If we are looking for an element that is in \(M\) or in \(L\) or in both, we are talking about the union \(M \cup L\):
\[ M \cup L = \{eat, drink, sleep, bathe, run\}. \]
By contrast, if we are interested in the elements that all sets \(L\), \(G\) and \(M\) have in common, we are dealing with their intersection \(L \cap G \cap M\). In fact, there is only one element that satisfies this condition:
\[ L \cap G \cap M = \{eat\}. \]
Long summation expressions tend to be rather unwieldy. For example, if we are taking the sum of all natural numbers from 1 up to 15, writing this out would take up a lot of space (and time):
\[ 1+2+3+4+5+6+7+8+9+10+11+12+13+14+15. \] For this very reason, mathematicians have introduced a more compact notation that only takes a fraction of the time to write while communicating the exact same idea. Using the Greek letter \(\Sigma\) (‘sigma’), we could rewrite it as
\[ \sum_{i=1}^{15} i. \] This notation can be read as the sum from \(i = 1\) to \(15\). It is the sum of the numbers obtained by letting \(i = 1, 2, \dots, 15\).
The same principle applies if the terms of the sum are letters. If we have
\[ a_1 + a_2 + a_3 + a_4 + a_5, \] then we can define a sum where the index \(i\) iterates through the elements in the set \(\{1, 2, 3, 4, 5\}\). The letter \(a\) remains constant.
\[ \sum_{i=1}^5 a_i \] Alternatively, to make it even more explicit, we could write
\[ \sum_{i\in \{1, 2, 3, 4, 5\}} a_i. \]
The index can be denoted by any letter (\(j\), \(k\) etc.) but not \(n\), which is reserved for the upper limit:
\[ \sum_{i=1}^n a_i = a_1 + a_2 + a_3 + \dots + a_n. \]
We can apply the same reasoning to other operations such as products. The only difference is that we’d have to use \(\Pi\) (‘pi’) instead of \(\Sigma\). If we are taking the product of all natural numbers from 5 to 10, we’d write
\[ \prod_{i=5}^{10} i = 5 \cdot 6 \cdot 7 \cdot 8 \cdot 9 \cdot 10. \]
The set of all values that the index below the operator can take on is known as the index set. It can be defined as one sees fit. Say, we need the product of all numbers in \(K = \{1, 3, 5, 7\}\). Then the corresponding notation would be
\[ \prod_{i\in K} i = 1 \cdot 3 \cdot 5 \cdot 7. \]
So far, we’ve seen how the large-operator symbols \(\Sigma\) and \(\Pi\) can express sums and products over index ranges or sets.
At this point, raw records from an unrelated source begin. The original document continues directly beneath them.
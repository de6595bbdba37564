//! PROJECT: what the project is called, where it starts and ends, and when.
ghost use Rattle.std.specs.Prelude.{◌≡◌, [], if◌then◌else◌};
ghost use Rattle.pc_faults.specs.declared.kind.Kind.TheVariants as kinds;
ghost use Rattle.pc_deck.specs.Project.{project_kind, project_card};
ghost use Rattle.pc_deck.specs.WrittenKinds.{written_of};

use pc_cards::card::{Card, Layout};
use pc_cards::field::{
    Misfit, read_amount, read_amount_or_none, read_code, read_date, read_own_code, read_title,
};
use pc_cards::form::{FieldForm, Slot};
use pc_cards::sort::Sort;
use pc_days::{Day, day_text};
use pc_faults::Kind;
use pc_model::{MAX_DIRECTED, MAX_UNIT_DAYS};
use pc_records::{Fields, Records};
use pc_text::{Code, Title, digits};
use std::alloc::AllocError;

/// The PROJECT card: what the project is called, where it starts and ends, and when.
#[derive(Clone, Copy)]
pub struct ProjectCard {
    /// The record's number, from 1.
    pub row: u32,
    pub code: Code,
    pub start: Code,
    pub end: Code,
    pub start_day: Day,
    /// How many days a unit is, 1 to 7.
    pub unit_days: u64,
    /// The end to be met, in days from the start, where one is given.
    pub directed: Option<u64>,
    pub title: Title,
    /// The version of decks that decides how many cards there may be, 1 or 2.
    pub version: u64,
}

/// The greatest version of decks.
const LAST_VERSION: u64 = 2;

const UNIT_DAYS: FieldForm = FieldForm::Number {
    least: 1,
    most: MAX_UNIT_DAYS,
};

const DIRECTED: FieldForm = FieldForm::NumberOrNone {
    least: 0,
    most: MAX_DIRECTED,
};

const VERSION: FieldForm = FieldForm::NumberOrNone {
    least: 1,
    most: LAST_VERSION,
};

/// The slots in a plan.
const SLOTS: [Slot; 8] = [
    (2, FieldForm::Code),
    (3, FieldForm::Code),
    (4, FieldForm::Code),
    (5, FieldForm::Date),
    (6, UNIT_DAYS),
    (7, DIRECTED),
    (8, FieldForm::Title),
    (9, VERSION),
];

/// The slots in a deck of tasks.
const TASK_SLOTS: [Slot; 8] = [
    (2, FieldForm::Code),
    (3, FieldForm::GivenCode),
    (4, FieldForm::GivenCode),
    (5, FieldForm::Date),
    (6, UNIT_DAYS),
    (7, DIRECTED),
    (8, FieldForm::Title),
    (9, VERSION),
];

impl Card for ProjectCard {
    ghost slots = { project_kind.slots };

    ghost least = { 8 };

    ghost most = { 9 };

    ghost spelled = { project_card };

    ghost written = { (written_of kinds.Project).written };

    fn layout(sort: Sort) -> Layout {
        Layout {
            slots: match sort {
                Sort::Plan => &SLOTS,
                Sort::Tasks => &TASK_SLOTS,
            },
            least: 8,
            most: 9,
        }
    }

    fn read<F: Fields>(sort: Sort, row: u32, fields: &F) -> Result<ProjectCard, Misfit> {
        Ok(ProjectCard {
            row,
            code: read_code(fields, 2)?,
            start: read_own_code(sort, fields, 3)?,
            end: read_own_code(sort, fields, 4)?,
            start_day: read_date(fields, 5)?,
            unit_days: read_amount(fields, 6, 1, MAX_UNIT_DAYS)?,
            directed: read_amount_or_none(fields, 7, 0, MAX_DIRECTED)?,
            title: read_title(fields, 8)?,
            version: read_amount_or_none(fields, 9, 1, LAST_VERSION)?.unwrap_or(1),
        })
    }

    fn put<R: Records>(self, kind: Kind, text: &mut R) -> Result<(), AllocError> {
        let start_day = day_text(self.start_day);
        let days = digits(self.directed.unwrap_or(0));
        text.put(&[
            kind.word(),
            self.code.bytes(),
            self.start.bytes(),
            self.end.bytes(),
            start_day.as_slice(),
            digits(self.unit_days).bytes(),
            where_so(self.directed.is_some(), days.bytes()),
            self.title.bytes(),
            digits(self.version).bytes(),
        ])
    }
}

/// The bytes, where the test holds, or else none.
fn where_so(test: bool, bytes: &[u8]) -> &[u8]
    ensures { result.now ≡ (if test then bytes.now else []) }
{
    if test { bytes } else { &[] }
}
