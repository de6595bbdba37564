//! The codes of the events, links and item that are generated.
ghost use Rattle.std.specs.Prelude.{◌≡◌, ◌<◌, ◌≤◌, [], ◌∷◌, true, length};
ghost use Rattle.pc_text.specs.Code.{is_code_byte};
ghost use Rattle.pc_tasks.specs.Codes.{after_code, begin_code, drawn_code, end_code, first_code, last_code, links_code};

use arrayvec::ArrayVec;
use pc_text::{Code, Title, digits};

/// The most bytes of a code.
const LIMIT: usize = 16;

/// Returns the code of `_`, a letter and the number `i + 1`.
fn drawn_code(letter: u8, i: u32) -> Code
    requires letter { is_code_byte letter ≡ true }
    requires small { i < 20_000 }
    ensures { result ≡ drawn_code letter i }
{
    let number = digits(u64::from(i) + 1);
    let text = spelled(letter, number.bytes());
    match Code::read(text.as_slice()) {
        Some(code) => code,
        None => unreachable!(),
    }
}

fn spelled(letter: u8, digits: &[u8]) -> ArrayVec<u8, LIMIT>
    requires { length digits.now ≤ 14 }
    ensures { result.items ≡ 95 ∷ letter ∷ digits.now }
{
    let mut text = ArrayVec::new();
    text.push(b'_');
    text.push(letter);
    for digit in digits {
        text.push(*digit);
    }
    text
}

/// Returns the code of the event where a task begins.
pub(crate) fn begin_code(i: u32) -> Code
    requires { i < 20_000 }
    ensures { result ≡ begin_code i }
{
    drawn_code(b'b', i)
}

/// Returns the code of the event where a task ends.
pub(crate) fn end_code(i: u32) -> Code
    requires { i < 20_000 }
    ensures { result ≡ end_code i }
{
    drawn_code(b'e', i)
}

/// Returns the code of the link of an AFTER card.
pub(crate) fn after_code(j: u32) -> Code
    requires { j < 20_000 }
    ensures { result ≡ after_code j }
{
    drawn_code(b'a', j)
}

/// Returns the code of the link from the start to the event where a task begins.
pub(crate) fn first_code(i: u32) -> Code
    requires { i < 20_000 }
    ensures { result ≡ first_code i }
{
    drawn_code(b's', i)
}

/// Returns the code of the link from the event where a task ends to the end.
pub(crate) fn last_code(i: u32) -> Code
    requires { i < 20_000 }
    ensures { result ≡ last_code i }
{
    drawn_code(b't', i)
}

/// Returns the code of the item of the links.
pub(crate) fn links_code() -> Code
    ensures { result ≡ links_code }
{
    match Code::read(b"_links") {
        Some(code) => code,
        None => unreachable!(),
    }
}

/// Returns the title of every generated card, which is empty.
pub(crate) fn no_title() -> Title
    ensures { result ≡ [] }
{
    match Title::read(b"") {
        Some(title) => title,
        None => unreachable!(),
    }
}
The same notation style can also be used for set operations, such as unions and intersections across a large number of sets.
Assume we have indexed sets \(A_1, A_2, \dots, A_n\). Instead of writing out the full union
\[ A_1 \cup A_2 \cup A_3 \cup \dots \cup A_n, \] we can use a large union symbol to express this more compactly:
\[ \bigcup_{i=1}^n A_i. \]
Similarly, if we’re interested in the elements common to all sets in the sequence—their intersection—we write:
\[ \bigcap_{i=1}^n A_i = A_1 \cap A_2 \cap A_3 \cap \dots \cap A_n. \]
Exercise 1 Define a set that lists the frequencies of words in a corpus.
Exercise 2 How could you then express the size of the corpus using \(\Sigma\)-notation?
Exercise 3 Given two corpora \(C_1\) and \(C_2\) with vocabulary sets \(V_1\) and \(V_2\), define
Exercise 4 Using set notation, express how to calculate the Type-Token Ratio (TTR) of a corpus.
Exercise 5 Consider a corpus divided into \(n\) different text genres (e.g., news, fiction, academic writing). Each genre \(i\) has its own vocabulary set \(V_i\). Express mathematically
the complete vocabulary of the entire corpus using the large union operator \(\bigcup\).
the core vocabulary (words that appear in all genres) using the large intersection operator \(\bigcap\).